**TASK OBJECTIVE:** Could you copy every line of the data that contains the word "which"?

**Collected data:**
________
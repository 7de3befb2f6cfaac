//! Quarantines the data sets of stores, by the statuses of their replies.
ghost use Rattle.std.specs.Prelude.{◌≡◌};
ghost use Rattle.journal.specs.Outcomes as spelling;

use crate::asked::Reply;
use crate::event::{Value, known, shown};
use crate::events;
use crate::journal::Journal;
use crate::sheet::sheet_of;
use crate::state::State;
use dimse::status;
use folder_filing::{SetAside, StoredFile};
use log::Log;
use std::alloc::AllocError;
use std::io;
use std::io::{Error, ErrorKind};
use std::rt::Files;
use std::time::Clock;

/// Returns whether the data set of a store with this status is quarantined: it cannot be understood
/// (C000), does not match its command (A900), or has too many bytes or levels (A700, out of
/// resources). A700 is also the status of a file that could not be written, which is not
/// quarantined.
fn is_quarantined(status: u16, has_filing_failed: bool) -> bool
    ensures { result ≡ spelling.is_quarantined status has_filing_failed }
{
    match status {
        status::CANNOT_UNDERSTAND | status::DATA_SET_MISMATCH => true,
        status::OUT_OF_RESOURCES => !has_filing_failed,
        _ => false,
    }
}

impl<R: Log + Clock, S: Files + Alloc + Clone + Drop> Journal<'_, R, S>
where
    S::File: StoredFile,
{
    /// Logs why a draft could not be moved to the quarantine, if that failed.
    pub(crate) fn report_not_aside(&self) {
        if let Some(error) = self.notes.aside_error.take() {
            self.report_failed(Err(error));
        }
    }

    /// Removes the draft that was moved to the quarantine, if there is one, as its store had no
    /// reply.
    pub(crate) fn remove_aside(&self) {
        self.report_not_aside();
        if let Some(aside) = self.notes.aside.take() {
            self.report_failed(aside.remove());
        }
    }

    fn report_failed(&self, done: io::Result<()>) {
        if let Err(error) = done {
            self.logger
                .report(events::NOT_QUARANTINED, &[shown(&error)]);
        }
    }

    /// Keeps the draft that was moved to the quarantine, or removes it, by the reply to its store.
    pub(crate) fn settle_aside(&self, state: &State, reply: Reply) {
        self.report_not_aside();
        let Some(aside) = self.notes.aside.take() else {
            return;
        };
        let done = if is_quarantined(reply.status, state.has_filing_failed) {
            self.keep(state, reply, aside)
        } else {
            aside.remove()
        };
        self.report_failed(done);
    }

    /// Keeps a draft in the quarantine with a text beside it, and logs that.
    fn keep(&self, state: &State, reply: Reply, aside: SetAside<S>) -> io::Result<()> {
        let kept = aside.data();
        let Ok(text) = self.sheet(state, reply, kept) else {
            aside.remove()?;
            return Err(Error::from(ErrorKind::OutOfMemory));
        };
        let done = aside.keep(text.as_str())?;
        self.logger.report(
            events::QUARANTINED,
            &[
                shown(format_args!("{:06}.dcm", done.number)),
                Value::Number(kept),
            ],
        );
        if done.is_full {
            self.logger.report(events::QUARANTINE_FULL, &[]);
        }
        Ok(())
    }

    /// Returns the text beside a quarantined data set, of which `kept` bytes are kept. Fails if
    /// memory runs out.
    fn sheet(&self, state: &State, reply: Reply, kept: u64) -> Result<String, AllocError> {
        let (status, fault, tag) = reply.values();
        let (class, instance) = state.asked();
        let received = state.message.data_size;
        sheet_of(
            self.alloc,
            self.logger.head(),
            events::QUARANTINE_SHEET,
            &[
                known(&state.calling),
                shown(&state.called),
                status,
                fault,
                tag,
                self.reason(state, reply),
                class,
                instance,
                Value::Number(received),
                Value::Number(kept),
                shown(if kept == received { "yes" } else { "no" }),
            ],
        )
    }
}
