//! The file of numbers: in each state that may remain after a loss of power, it covers the numbers
//! of all files and subfolders.

use crate::power::disk::{Disk, Shared};
use crate::power::filed::Kept;
use crate::power::folder::Node;
use crate::power::lives::open_writer;
use crate::power::name::Name;
use crate::power::survivors::Tries;
use crate::power::trouble::Trouble;
use fixtures::folders::is_filed;
use std::alloc::Global;
use std::test::Fail;
use std::{io, str};

/// Files texts for two subfolders, with a file of numbers, until power is lost.
fn file_three(alloc: Global, disk: &Shared, kept: Kept) -> io::Result<()> {
    let mut writer = open_writer(alloc, disk, kept)?.with_numbers("disk/N")?;
    let mut filing = writer.filing()?;
    for text in [&b"first"[..], b"second", b"third"] {
        let _ = is_filed(&mut filing, text);
    }
    Ok(())
}

/// Returns the number with this letter at offset `from` of the line of the file of numbers.
fn number_in(line: &[u8], from: usize, letter: u8) -> Option<u32> {
    let name = line.get(from..from.saturating_add(8))?;
    Name::of(str::from_utf8(name).ok()?)?.number(letter)
}

/// Returns the greatest numbers of a file and of a subfolder in the file of numbers; 0 without the
/// file, or `None` if the file has no line of numbers.
fn kept_numbers(disk: &Disk) -> io::Result<Option<(u32, u32)>> {
    let Ok(Node::File(at)) = disk.node("disk/N") else {
        return Ok(Some((0, 0)));
    };
    let line = disk.file(at)?.bytes();
    Ok(match (number_in(line, 0, b'I'), number_in(line, 9, b'S')) {
        (Some(file), Some(folder)) if line.len() == 18 => Some((file, folder)),
        _ => None,
    })
}

/// Returns whether the file of numbers covers the numbers of all files and subfolders.
fn covers(disk: &Disk) -> io::Result<bool> {
    let Some((file, folder)) = kept_numbers(disk)? else {
        return Ok(false);
    };
    for entry in disk.folder(0)?.entries() {
        let number = match entry.node {
            Node::File(_) => entry.name.number(b'I').map(|number| number <= file),
            Node::Folder(_) => entry.name.number(b'S').map(|number| number <= folder),
        };
        if number == Some(false) {
            return Ok(false);
        }
    }
    Ok(true)
}

/// Loses power at this call. Returns how many states were tried and whether power lasted to the
/// end, or `None` if a number is not covered.
fn states_at(alloc: Global, kept: Kept, at: usize) -> io::Result<Option<(u64, bool)>> {
    let trouble = Trouble {
        power_ends: Some(at),
        ..Trouble::NONE
    };
    let disk = Disk::new(alloc, trouble)?.shared()?;
    let filed = file_three(alloc, &disk, kept);
    let disk = disk.try_borrow()?;
    let mut tries = Tries::new(disk.pending());
    for tried in 0..2000u64 {
        let Some(choices) = tries.next_choices() else {
            return Ok(Some((tried, filed.is_ok() && disk.has_power())));
        };
        if !covers(&disk.survivor(choices)?)? {
            return Ok(None);
        }
    }
    Ok(None)
}

/// Loses power at each call in turn. Returns how many states were tried, or `None` if a number is
/// not covered.
fn states(alloc: Global, kept: Kept) -> io::Result<Option<u64>> {
    let mut states = 0u64;
    for at in 0..500usize {
        match states_at(alloc, kept, at)? {
            Some((tried, false)) => states = states.saturating_add(tried),
            Some((_, true)) => return Ok(Some(states)),
            None => return Ok(None),
        }
    }
    Ok(None)
}

#[test]
fn numbers_that_were_given_survive(rt: HostRuntime) -> Result<(), Fail> {
    assert!(rt; states(rt.alloc(), Kept::Flat)? > Some(100));
    assert!(rt; states(rt.alloc(), Kept::Levels)? > Some(100));
    Ok(())
}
________
**RESPONSE FOR THIS EXERCISE:**
/// resources). A700 is also the status of a file that could not be written, which is not
    /// Returns the text beside a quarantined data set, of which `kept` bytes are kept. Fails if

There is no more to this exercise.